EFRAIM KARSH'S PALESTINE BETRAYED: A REVIEW
By Dr. Daniel Pipes
Those who wish Israel to disappear actively promote the Nakba narrative. For example, Nakba Day serves as a mournful Palestinian counterpart to Israel's Independence Day festivities, annually publicizing Israel's alleged sins. So established has this day become that Ban Ki-moon, Secretary General of the United Nations — the very institution that created the State of Israel — has sent his support to "the Palestinian people on Nakba Day." Even Neve Shalom, a Jewish-Palestinian community in Israel claiming to be "engaged in educational work for peace, equality and understanding between the two peoples," dutifully commemorates Nakba Day.

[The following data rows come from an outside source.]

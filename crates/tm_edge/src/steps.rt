//! The moves of bytes within a buffer.
ghost use Rattle.std.specs.Prelude.{◌≡◌, ◌+◌, ◌-◌, ◌<◌, ◌≤◌, length, take, drop, IfOk, OnOk, OnErr};
ghost use Rattle.std.specs.Io.KnownBytes.{prepend_known, IsAtEnd};
ghost use Rattle.tm_edge.specs.Fault.{HasRisen};

use crate::{Failed, Source};

/// Moves the bytes from `start` to `end` to the front.
pub fn move_to_front(bytes: &mut [u8], start: usize, end: usize)
    requires ordered { start ≤ end }
    requires within { end ≤ length bytes.old }
    ensures { take (end - start) bytes.new ≡ drop start (take end bytes.old) }
{
    bytes[..end].rotate_left(start);
}

/// Takes bytes from the source behind the first `end` bytes, and answers how many.
pub fn take_behind<S: Source>(bytes: &mut [u8], end: usize, source: &mut S) -> Result<usize, Failed>
    requires { end < length bytes.old }
    ensures told { IfOk result (λ n. prepend_known (take (end + n) bytes.new) (S.left source.new) ≡ prepend_known (take end bytes.old) (S.left source.old)) }
    ensures front { take end bytes.new ≡ take end bytes.old }
    ensures within { IfOk result (λ n. end + n ≤ length bytes.new) }
    ensures ending { IfOk result (λ n. n ≡ 0 → IsAtEnd (S.left source.new)) }
    ensures kept { OnErr result (S.left source.new ≡ S.left source.old) }
    ensures count { S.faults source.old ≤ S.faults source.new }
    ensures no_fault { OnOk result (S.faults source.new ≡ S.faults source.old) }
    ensures failed { OnErr result (HasRisen (S.faults source.old) (S.faults source.new)) }
{
    source.take(&mut bytes[end..])
}
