//! A sink into memory.
ghost use Rattle.std.specs.Prelude.{◌≡◌, ◌+◌, ◌-◌, ◌^◌, ◌<◌, ◌≤◌, ◌⊎◌, ◌↔◌, ◌++◌, min, Some, [], length, take, OnOk, OnErr, IsErr, IsTrue, if◌then◌else◌};
ghost use Rattle.std.specs.Io.KnownBytes.{append_known};
ghost use Rattle.tm_edge.specs.Fault.{HasRisen, AppendsFront};
ghost use Rattle.tm_edge.specs.Feed.{EdgeFails};

use crate::{Failed, Sink};
use std::alloc::{AllocError, Global};
use std::marker::Model;

/// A sink into memory, which tells what was written. It writes only into room that was reserved.
#[derive(Debug, Drop)]
pub struct MemSink {
    bytes: Vec<u8>,
    room: usize,
    calls: u64,
    faults: u64,
    fail_at: Vec<u64>,
}

impl Model for MemSink {
    ghost use Rattle.std.specs.Prelude.{◌+◌, ◌^◌, ◌≤◌, ◌<◌, vec_len, vec_capacity};
    ghost use Rattle.tm_edge.specs.Feed.{Store};

    ghost Value = { Store };

    ghost view = { λ s. record { written = s.bytes.items; room = s.room; calls = s.calls; faults = s.faults; fail_at = s.fail_at.items } };

    ghost invariant = { λ s. (vec_len s.bytes + s.room ≤ vec_capacity s.bytes) × (s.calls < 2 ^ 64) × (s.faults < 2 ^ 64) };
}

impl MemSink {
    /// A sink with no room that fails at the listed calls of `put`, counted from 1, and at no
    /// others but a `put` past its room. This takes no memory.
    pub fn new(alloc: Global, fail_at: Vec<u64>) -> MemSink
        ensures written { result.written ≡ [] }
        ensures room { result.room ≡ 0 }
        ensures fail_at { result.fail_at ≡ fail_at.items }
        ensures calls { result.calls ≡ 0 }
        ensures faults { result.faults ≡ 0 }
    {
        MemSink {
            bytes: Vec::new(alloc),
            room: 0,
            calls: 0,
            faults: 0,
            fail_at,
        }
    }

    /// Makes room for `n` more bytes.
    pub fn reserve(&mut self, n: usize) -> Result<(), AllocError>
        ensures ok { OnOk result (self.new ≡ record self.old { room = self.old.room + n }) }
        ensures err { OnErr result (self.new ≡ self.old) }
    {
        let Some(room) = self.room.checked_add(n) else {
            return Err(AllocError);
        };
        self.bytes.reserve(room)?;
        self.room = room;
        Ok(())
    }

    /// What was written.
    pub fn bytes(&self) -> &[u8]
        ensures { result.now ≡ self.now.written }
    {
        &self.bytes
    }

    // Counts a call, and says whether it is listed as one that fails.
    fn is_listed(&mut self) -> bool
        ensures listed { IsTrue result ↔ EdgeFails self.old.calls self.old.fail_at }
        ensures counts { self.new ≡ record self.old { calls = min (self.old.calls + 1) (2 ^ 64 - 1) } }
    {
        if self.calls == u64::MAX {
            return false;
        }
        self.calls += 1;
        self.fail_at.contains(&self.calls)
    }

    // Counts a fault.
    fn fail(&mut self) -> Failed
        ensures counts { self.new ≡ record self.old { faults = min (self.old.faults + 1) (2 ^ 64 - 1) } }
        ensures rises { HasRisen self.old.faults self.new.faults }
        ensures never_falls { self.old.faults ≤ self.new.faults }
    {
        self.faults = self.faults.saturating_add(1);
        Failed
    }

    // Adds bytes for which there is room.
    fn add(&mut self, bytes: &[u8])
        requires { length bytes.now ≤ self.old.room }
        ensures { self.new ≡ record self.old { written = self.old.written ++ bytes.now; room = self.old.room - length bytes.now } }
    {
        self.bytes.extend_from_slice(bytes).unwrap();
        self.room -= bytes.len();
    }
}

impl Sink for MemSink {
    ghost written = { λ s. Some s.written };

    ghost faults = { λ s. s.faults };

    fn put(&mut self, bytes: &[u8]) -> Result<(), Failed>
        ensures put { OnOk result (Some self.new.written ≡ append_known (Some self.old.written) bytes.now) }
        ensures front { OnErr result (AppendsFront (Some self.old.written) (Some self.new.written) bytes.now) }
        ensures count { self.old.faults ≤ self.new.faults }
        ensures no_fault { OnOk result (self.new.faults ≡ self.old.faults) }
        ensures failed { OnErr result (HasRisen self.old.faults self.new.faults) }

        // It fails at the listed calls and past its room, and then writes nothing.
        ensures fails { IsErr result ↔ (EdgeFails self.old.calls self.old.fail_at ⊎ (self.old.room < length bytes.now)) }
        ensures none { OnErr result (self.new.written ≡ self.old.written) }
        ensures room { OnOk result (self.new.room + length bytes.now ≡ self.old.room) }
        ensures room_kept { OnErr result (self.new.room ≡ self.old.room) }
        ensures list { self.new.fail_at ≡ self.old.fail_at }
        ensures calls { self.new.calls ≡ min (self.old.calls + 1) (2 ^ 64 - 1) }
    {
        if self.is_listed() {
            return Err(self.fail());
        }
        if self.room < bytes.len() {
            return Err(self.fail());
        }
        self.add(bytes);
        Ok(())
    }
}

The Nakba ideology presents Palestinians as victims without choices and therefore without responsibility for the ills that befell them. It blames Israel alone for the Palestinian refugee problem. This view has an intuitive appeal, for Muslim and Christian Palestinians had long formed a majority on the land that became Israel, whereas most Jews were relative newcomers.
Intuitive sense, however, does not equal historical accuracy. In his new tour de force, Palestine Betrayed (London & New Haven: Yale University Press, 2010), Efraim Karsh, of the University of London, offers the latter. With his customary in-depth archival research — in this case, relying on masses of recently declassified documents from the period of British rule and of the first Arab-Israeli war, 1917-1949 — clear presentation and meticulous historical sensibility, Karsh argues the opposite case: that Palestinians decided their own destiny and bear near-total responsibility for becoming refugees.
In Karsh's words: "Far from being the hapless victims of a predatory Zionist assault, it was Palestinian Arab leaders who, from the early 1920s onward, and very much against the wishes of their own constituents, launched a relentless campaign to obliterate the Jewish national revival which culminated in the violent attempt to abort the U.N. partition resolution." More broadly, he observes, "there was nothing inevitable about the Palestinian-Jewish confrontation, let alone the Arab-Israeli conflict."
Yet, more counterintuitively, Karsh shows that his understanding was the conventional, indeed the undisputed interpretation in the late 1940s. Only with the passage of time did "Palestinians and their Western supporters gradually re-write their national narrative," thereby making Israel into the unique culprit, the one excoriated in the United Nations, university classrooms, and editorials.
Karsh successfully makes his case by establishing two main points: that (1) the Jewish-Zionist-Israeli side perpetually sought to find a compromise, while the Palestinian-Arab-Muslim side rejected nearly all deals; and (2) Arab intransigence and violence caused the self-inflicted "catastrophe."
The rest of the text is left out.